It’s official: Romania’s government backs move to delay Rosia Montana inclusion in UNESCO World Heritage network

by Ovidiu Posirca

The minister of culture, George Ivascu, says that the government has proposed the delay of the inclusion of Rosia Montana Mining Cultural Landscape in the UNESCO World Heritage Centre network.

Ivascu said the delay is necessary until there is a final ruling in the case opened by Gabriel Resources against the Romanian state at the International Centre for Settlement of Investment Disputes (ICSID). The company claims USD 4 billion in damages from the Romanian state and the minister said that the government doesn’t favor the option of paying this from the “pockets of citizens.”

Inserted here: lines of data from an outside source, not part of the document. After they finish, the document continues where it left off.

//! What a junction does on its board: lines are named, and only here is a name turned into a number.
ghost use Rattle.std.specs.Prelude.{◌≡◌};
ghost use Rattle.runs.specs.Runs.{settles_some, stirs};
ghost use Rattle.junction.specs.Calls.{with_board};
ghost use Rattle.junction.specs.Wires.{hears, heard, settled_on, loosened_on, stirred_part, stirred_board, lowered};

use crate::state::Junction;
use boards::Board;
use disciplines::Discipline;
use steps::{FAILED, Flag, Go, Part, Step};

// Whether a go that does this settles a line.
pub(crate) fn settles_some(go: Go) -> bool
    ensures { result ≡ settles_some go }
{
    matches!(go, Go::Settles(..))
}

// Whether a stir loosens the line: at 39 every line of the station, else the one that the next go settles.
fn stirs_part(place: u8, go: Go, part: Part) -> bool
    ensures { result ≡ stirs place go part }
{
    place == FAILED || matches!(go, Go::Settles(own, _, _) if part == own)
}

impl<D: Discipline, B: Board> Junction<D, B> {
    // The line that a go looks at is read. Where there is none, or the board lacks it, the reading is low.
    pub(crate) fn hear(&mut self, look: Option<Flag>) -> bool
        ensures answers { result ≡ hears D.table B.meaning self.old.size.stations self.old.board look }
        ensures leaves { self.new ≡ with_board self.old (heard D.table B.meaning self.old.size.stations self.old.board look) }
    {
        let Some(line) = look.and_then(|flag| D::number(self.size, flag)) else {
            return false;
        };
        self.board.read(line).unwrap_or(false)
    }

    // (One function for settle and loosen, of the call that it makes, was tried: what a closure leaves of the board stays open.)
    pub(crate) fn settle(&mut self, flag: Flag, high: bool)
        ensures { self.new ≡ with_board self.old (settled_on D.table B.meaning self.old.size.stations self.old.board flag high) }
    {
        if let Some(line) = D::number(self.size, flag) {
            let _ = self.board.settle(line, high);
        }
    }

    fn loosen(&mut self, flag: Flag)
        ensures { self.new ≡ with_board self.old (loosened_on D.table B.meaning self.old.size.stations self.old.board flag) }
    {
        if let Some(line) = D::number(self.size, flag) {
            let _ = self.board.loosen(line);
        }
    }

    // One line of the station of a step, whose next go is this, in a stir of that station.
    fn stir_part(&mut self, step: Step, go: Go, part: Part)
        ensures { self.new ≡ with_board self.old (stirred_part D.table B.meaning self.old.size.stations step.station step.rec.place go part self.old.board) }
    {
        if stirs_part(step.rec.place, go, part) {
            self.loosen(Flag {
                station: step.station,
                part,
            });
        }
    }

    // A stir of the station of a step, whose next go is this. Four calls: a `for` over the parts would want an invariant longer than they are.
    pub(crate) fn stir_lines(&mut self, step: Step, go: Go)
        ensures { self.new ≡ with_board self.old (stirred_board D.table B.meaning self.old.size.stations step.station step.rec.place go self.old.board) }
    {
        self.stir_part(step, go, Part::Door);
        self.stir_part(step, go, Part::Claim);
        self.stir_part(step, go, Part::Turn(false));
        self.stir_part(step, go, Part::Turn(true));
    }
}

// Settles the first `lines` lines low.
pub(crate) fn lower<B: Board>(board: &mut B, lines: usize)
    ensures { board.new ≡ lowered B.meaning board.old lines }
{
    for line in 0..lines {
        let _ = board.settle(line, false);
    }
}
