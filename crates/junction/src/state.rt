//! What a junction holds.
use crate::counts::Counts;
use crate::stations::Stations;
use steps::Size;

/// Stations that share one merge, by a discipline, over a board.
#[derive(Drop)]
pub struct Junction<D, B> {
    pub(crate) discipline: D,
    pub(crate) size: Size,
    pub(crate) name: u32,
    pub(crate) stations: Stations,
    pub(crate) counts: Counts,
    pub(crate) board: B,
}
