//! What a junction counts.
ghost use Rattle.std.specs.Prelude.{◌≡◌, ℕ, Bool};
ghost use Rattle.junction.specs.Counts.{by_start, by_go, by_fail, by_leave, seen_with, noted, new_counts};

use sets::Set;
use steps::Size;

/// How many holds of the merge were granted, how many have ended, and how many rounds.
#[derive(Clone, Copy, PartialEq, Eq, Debug, Default)]
pub struct Totals {
    pub grants: u64,
    pub ends: u64,
    pub rounds: u64,
}

/// The accepted calls that the limit counts, the totals, and the stations seen in this round.
#[derive(Clone, Copy, Default)]
pub struct Counts {
    pub(crate) used: u64,
    pub(crate) totals: Totals,
    pub(crate) seen: Set,
}

/// What an accepted call counts as.
// Four flags and no enum of calls: each is what one count, or the set of the stations seen, goes by.
#[derive(Clone, Copy, Default)]
pub struct Note {
    /// The limit counts it.
    pub(crate) limited: bool,
    /// It granted a hold.
    pub(crate) granted: bool,
    /// It ended a hold.
    pub(crate) ended: bool,
    /// The station is seen by it.
    pub(crate) shown: bool,
}

impl Note {
    // By a start or a stir.
    pub(crate) fn by_start() -> Self
        ensures { result ≡ by_start }
    {
        Note {
            limited: true,
            ..Note::default()
        }
    }

    pub(crate) fn by_go(granted: bool) -> Self
        ensures { result ≡ by_go granted }
    {
        Note {
            limited: true,
            granted,
            shown: true,
            ..Note::default()
        }
    }

    pub(crate) fn by_fail(ended: bool) -> Self
        ensures { result ≡ by_fail ended }
    {
        Note {
            limited: true,
            ended,
            ..Note::default()
        }
    }

    pub(crate) fn by_leave(ended: bool) -> Self
        ensures { result ≡ by_leave ended }
    {
        Note {
            ended,
            shown: true,
            ..Note::default()
        }
    }
}

impl Counts {
    pub(crate) fn new() -> Self
        ensures { result ≡ new_counts }
    {
        Counts::default()
    }

    fn seen_with(self, note: Note, p: usize) -> Set
        ensures { result ≡ seen_with note p self.seen }
    {
        if note.shown {
            self.seen.insert(p)
        } else {
            self.seen
        }
    }

    // A call of station p is counted. A round ends when all stations have been seen. No count comes near what 64 bits hold; the
    // promise on `Junction::make` shows that.
    pub(crate) fn noted(self, note: Note, size: Size, p: usize) -> Self
        ensures { result ≡ noted note size.stations p self }
    {
        let seen = self.seen_with(note, p);
        let round = note.shown && seen.covers(size.stations);
        let used = self.used.saturating_add(note.limited.into());
        let totals = Totals {
            grants: self.totals.grants.saturating_add(note.granted.into()),
            ends: self.totals.ends.saturating_add(note.ended.into()),
            rounds: self.totals.rounds.saturating_add(round.into()),
        };
        let seen = if round { Set::empty() } else { seen };
        Counts { used, totals, seen }
    }
}
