//! The table of the stations.
ghost use Rattle.std.specs.Prelude.{◌≡◌, ◌<◌};
ghost use Rattle.junction.specs.Stations.{station_of, with_station, arrived, new_station};

use steps::{MERGING, Record};

/// The most stations that share a merge.
pub(crate) const MOST_STATIONS: usize = 16;

/// A station: its record, how often it has arrived on the merge, and whether the pass of the last arrival was taken.
#[derive(Clone, Copy)]
pub struct Station {
    pub(crate) rec: Record,
    pub(crate) arrivals: u64,
    // A flag beside the count, which goes on whether or not a pass was taken.
    pub(crate) taken: bool,
}

/// The slot of a station: its number, for which the table has room.
#[derive(Clone, Copy)]
pub(crate) struct Slot {
    pub(crate) station: usize,
    ghost below: { station < 16 },
}

/// Room for sixteen stations: an array, since the chip has no heap.
#[derive(Drop)]
pub struct Stations {
    pub(crate) at: [Station; MOST_STATIONS],
}

impl Station {
    // No `Default`: a derived one would stand at 0, and one by hand is this function in more lines.
    pub(crate) fn new() -> Self
        ensures { result ≡ new_station }
    {
        Station {
            rec: Record::new(),
            arrivals: 0,
            taken: false,
        }
    }

    // After a go: an arrival on the merge is counted, and its pass is yet to be taken.
    pub(crate) fn arrive(self, rec: Record) -> Self
        ensures { result ≡ arrived rec self }
    {
        let merging = rec.place == MERGING;
        Station {
            rec,
            arrivals: self.arrivals.saturating_add(merging.into()),
            taken: self.taken && !merging,
        }
    }

    // Changes the station that was lent. A station is lent and changed in place, by a rule of the project; a method that hands
    // out `&mut` to an element of an array field gets no proof of what the table then holds.
    fn renew(&mut self, next: Station)
        ensures { self.new ≡ next }
    {
        *self = next;
    }
}

impl Stations {
    pub(crate) fn get(&self, slot: Slot) -> Station
        ensures { result ≡ station_of self.now slot.station }
    {
        self.at[slot.station]
    }

    // Lends one station, and has it changed there.
    pub(crate) fn put(&mut self, slot: Slot, next: Station)
        ensures { self.new ≡ with_station self.old slot.station next }
    {
        self.at[slot.station].renew(next);
    }
}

“Thus, the Romanian government doesn’t request the withdrawal, but the delay of this until the ruling in the arbitration case nr. ARB/ 15/ 31 – Rosia Montana, for which on February 22 2018, the law firm representing the Romanian state submitted a defense position at the Washington Court of Arbitration. This subject has to be removed from the propagandistic approach and treated by all decision-makers in the Romanian state as a national security priority,” said Ivascu.

The minister said that such a decision should have been taken within the Supreme Defense Council of the Country (CSAT).

The inclusion of Rosia Montana Mining Cultural Landscape in the UNESCO patrimony is on the agenda of the World Heritage Committee meeting taking place between June 24 – July 4 in Bahrain. The Romanian official present at the meeting is tasked with asking for a delay of such as move.

The arbitration case against Romania was recorded in 2015. The Canadian company claimed that the state blocked the start of a controversial mining project in Rosia Montana. Gabriel Resources said it secured a mining license for this perimeter back in 1999 and invested over USD 650 million in more than 15 years, but it wasn’t able to obtain all permits to start the mining stage.

“In short, after among other things (i) granting the License, which carries not only the right, but the obligation to develop the mineral resource within the license perimeter to the maximum extent feasible, and (ii) consistently approving annual work plans, updated reports and studies leading to the current Project, Romania failed to address Project permitting in a reasonable and transparent manner in accordance with standards of due process,” said the company in the arbitration request.